宋覓離京後, 居塵仿佛回歸了前世單調的上值、散值生活。唯一不同的,是她再也不隨便拿自己的安康去拼一時的榮光了。用居塵教導鳳閣的話來說,便是茍到最後的,才是最終贏家, 保存體力, 就是保留實力。
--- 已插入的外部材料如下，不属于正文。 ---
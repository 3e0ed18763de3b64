//! Why a text is refused.

ghost use Rattle.std.specs.Prelude.{◌≡◌};
ghost use Rattle.litmus_words.specs.declared.refused.Stop.TheVariants as kind;

use crate::place::Place;
use arrayvec::ArrayString;
use litmus_tests::test::{MOST_LOCATIONS, MOST_NESTED, MOST_OBSERVED, MOST_STEPS, MOST_TERMS};
use numbers::sizes::HART_ROOM;
use std::alloc::{AllocError, AllocFailed};
use std::fmt;

/// How many bytes a text has at most.
pub const MOST_BYTES: usize = 65_536;

/// As much as is shown of the word at which a text is refused.
pub type Shown = ArrayString<24>;

/// What is wrong with a text.
#[derive(Clone, Copy, Debug, PartialEq, Eq, Drop)]
pub enum Fault {
    /// More than `MOST_BYTES`, told behind them.
    TooLong,
    /// A comment or a string that doesn't end, told where it begins.
    EndlessComment,
    EndlessString,
    /// A first word other than `RISCV`, or no name behind it.
    NotRiscv,
    NoName,
    /// Before the braces stands something else than a string and lines `Key=..`.
    NotMetadata,
    /// What stands there isn't of the subset.
    NotOfSubset,
    /// The text ends, or a row does, where something was wanted.
    Unfinished,
    /// A number that its field can't hold.
    NumberTooLarge,
    /// A name where a register was wanted.
    NoRegister,
    /// Register x0 where its number is given or looked at: it always holds 0.
    ZeroRegister,
    /// A register that a jump would put the address of an instruction into.
    LinkRegister,
    /// A location that the start doesn't name.
    Undeclared,
    /// An element or a byte that its location hasn't.
    NoElement,
    /// An array without an index where one number is wanted.
    WholeArray,
    /// An address where a number of fewer than 32 bits stands.
    NarrowAddress,
    /// A pointer to numbers of one size that is given the address of one of another.
    OtherSize,
    /// Something that has its first number already.
    Twice,
    /// A hart that isn't there.
    NoHart,
    /// Harts that aren't P0, P1, .. in order.
    HartOrder,
    /// A row with another number of columns than there are harts.
    Columns { columns: usize, harts: usize },
    /// A label that isn't there, or that is there twice.
    NoLabel,
    LabelTwice,
    /// No `exists`, `~exists` or `forall`.
    NoCondition,
    /// Something behind the condition.
    BehindCondition,
    /// More than there may be.
    TooManyHarts,
    TooManySteps,
    TooManyLocations,
    TooManyObserved,
    TooManyTerms,
    TooDeep,
}

impl Fault {
    /// Whether the word is shown at which a text is refused so.
    pub fn shows_word(self) -> bool {
        match self {
            Fault::NotRiscv
            | Fault::NotMetadata
            | Fault::NotOfSubset
            | Fault::NumberTooLarge
            | Fault::NoRegister
            | Fault::LinkRegister
            | Fault::Undeclared
            | Fault::NoElement
            | Fault::WholeArray
            | Fault::NarrowAddress
            | Fault::OtherSize
            | Fault::Twice
            | Fault::NoHart
            | Fault::HartOrder
            | Fault::NoLabel
            | Fault::LabelTwice
            | Fault::BehindCondition => true,
            _ => false,
        }
    }

    /// How much there may be, and of what, where there is more.
    fn limit(self) -> Option<(usize, &'static str)> {
        match self {
            Fault::TooLong => Some((MOST_BYTES, "bytes")),
            Fault::TooManyHarts => Some((HART_ROOM, "harts")),
            Fault::TooManySteps => Some((MOST_STEPS, "steps of a hart")),
            Fault::TooManyLocations => Some((MOST_LOCATIONS, "words of locations")),
            Fault::TooManyObserved => Some((MOST_OBSERVED, "registers and locations looked at")),
            Fault::TooManyTerms => Some((MOST_TERMS, "terms")),
            Fault::TooDeep => Some((MOST_NESTED, "levels of not and parentheses")),
            _ => None,
        }
    }

    /// What is wrong, but for a limit and for the numbers of columns.
    fn words(self) -> &'static str {
        match self {
            Fault::EndlessComment => "a comment that doesn't end",
            Fault::EndlessString => "a string that doesn't end",
            Fault::NotRiscv => "a first word that isn't RISCV",
            Fault::NoName => "no name behind RISCV",
            Fault::NotMetadata => "neither Key=.. nor {",
            Fault::NotOfSubset => "what stands there isn't of the subset",
            Fault::Unfinished => "an end where something is missing",
            Fault::NumberTooLarge => "a number that doesn't fit",
            Fault::NoRegister => "a register that isn't one",
            Fault::ZeroRegister => "register x0, which always holds 0",
            Fault::LinkRegister => "a link register other than x0",
            Fault::Undeclared => "a location that is never declared",
            Fault::NoElement => "an element that isn't there",
            Fault::WholeArray => "an array where a number is wanted",
            Fault::NarrowAddress => "an address in a byte or a half",
            Fault::OtherSize => "a pointer to numbers of another size",
            Fault::Twice => "a second start of the same",
            Fault::NoHart => "a hart that isn't there",
            Fault::HartOrder => "harts that aren't P0, P1 and so on",
            Fault::Columns { .. } => "a row with",
            Fault::NoLabel => "a label that isn't there",
            Fault::LabelTwice => "a label that is there twice",
            Fault::NoCondition => "no exists, ~exists or forall",
            Fault::BehindCondition => "something behind the condition",
            Fault::TooLong
            | Fault::TooManyHarts
            | Fault::TooManySteps
            | Fault::TooManyLocations
            | Fault::TooManyObserved
            | Fault::TooManyTerms
            | Fault::TooDeep => "",
        }
    }
}

impl fmt::Display for Fault {
    fn fmt<W: fmt::Write>(&self, f: &mut fmt::Formatter<W>) -> fmt::Result {
        if let Some((most, of_what)) = self.limit() {
            return write!(f, "more than {most} {of_what}");
        }
        f.write_str(self.words())?;
        match *self {
            Fault::Columns { columns: 1, harts } => write!(
                f,
                " 1 column where there are {harts} harts"
            ),
            Fault::Columns { columns, harts: 1 } => write!(
                f,
                " {columns} columns where there is 1 hart"
            ),
            Fault::Columns { columns, harts } => {
                write!(f, " {columns} columns where there are {harts} harts")
            }
            _ => Ok(()),
        }
    }
}

/// Why a text was not read.
#[derive(Debug, Drop)]
pub enum ReadingRefused {
    /// No memory was left.
    Memory,
    /// The place at which its first fault begins, the fault, and for some of them the word that stands there.
    At(Place, Fault, Shown),
}

impl fmt::Display for ReadingRefused {
    fn fmt<W: fmt::Write>(&self, f: &mut fmt::Formatter<W>) -> fmt::Result {
        match self {
            ReadingRefused::Memory => f.write_str("out of memory"),
            ReadingRefused::At(place, fault, shown) => {
                write_place(*place, f)?;
                write!(f, "{fault}")?;
                if shown.is_empty() {
                    return Ok(());
                }
                f.write_str(": ")?;
                f.write_str(shown.as_str())
            }
        }
    }
}

fn write_place<W: fmt::Write>(place: Place, f: &mut fmt::Formatter<W>) -> fmt::Result {
    let (line, column) = (place.line, place.column);
    write!(f, "line {line}, column {column}: ")
}

/// Why reading stopped: there was no memory, or there is a fault at the byte with this index.
#[derive(Clone, Copy, Drop)]
pub enum Stop {
    Memory,
    Fault { at: usize, fault: Fault },
}

impl From<AllocError> for Stop {
    ghost from_gives = { λ _ stop. stop ≡ kind.Memory };

    fn from(_error: AllocError) -> Self {
        Stop::Memory
    }
}

impl<T: Drop> From<AllocFailed<T>> for Stop {
    ghost from_gives = { λ _ stop. stop ≡ kind.Memory };

    fn from(_error: AllocFailed<T>) -> Self {
        Stop::Memory
    }
}

impl Stop {
    /// The fault at this byte.
    pub fn at(at: usize, fault: Fault) -> Stop
        ensures { result ≡ kind.Fault at fault }
    {
        Stop::Fault { at, fault }
    }
}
自居塵按時上下值, 底下女官有樣學樣, 統統也松了一口氣,理直氣壯溜了個沒影。之前一直被六部吆來喝去, 這會兒回回叫他們找不見人,別說,姑娘們都像暗暗出了口惡氣,心情簡直不要太舒暢。

這一日,居塵前往壽康宮述職, 太後娘娘對鳳閣近來翻天覆地的變化早有耳聞, 但只要居塵握得住分寸,能夠按時完成任務, 心底清楚該聽誰的,太後不會對她禦下的手段作任何指點。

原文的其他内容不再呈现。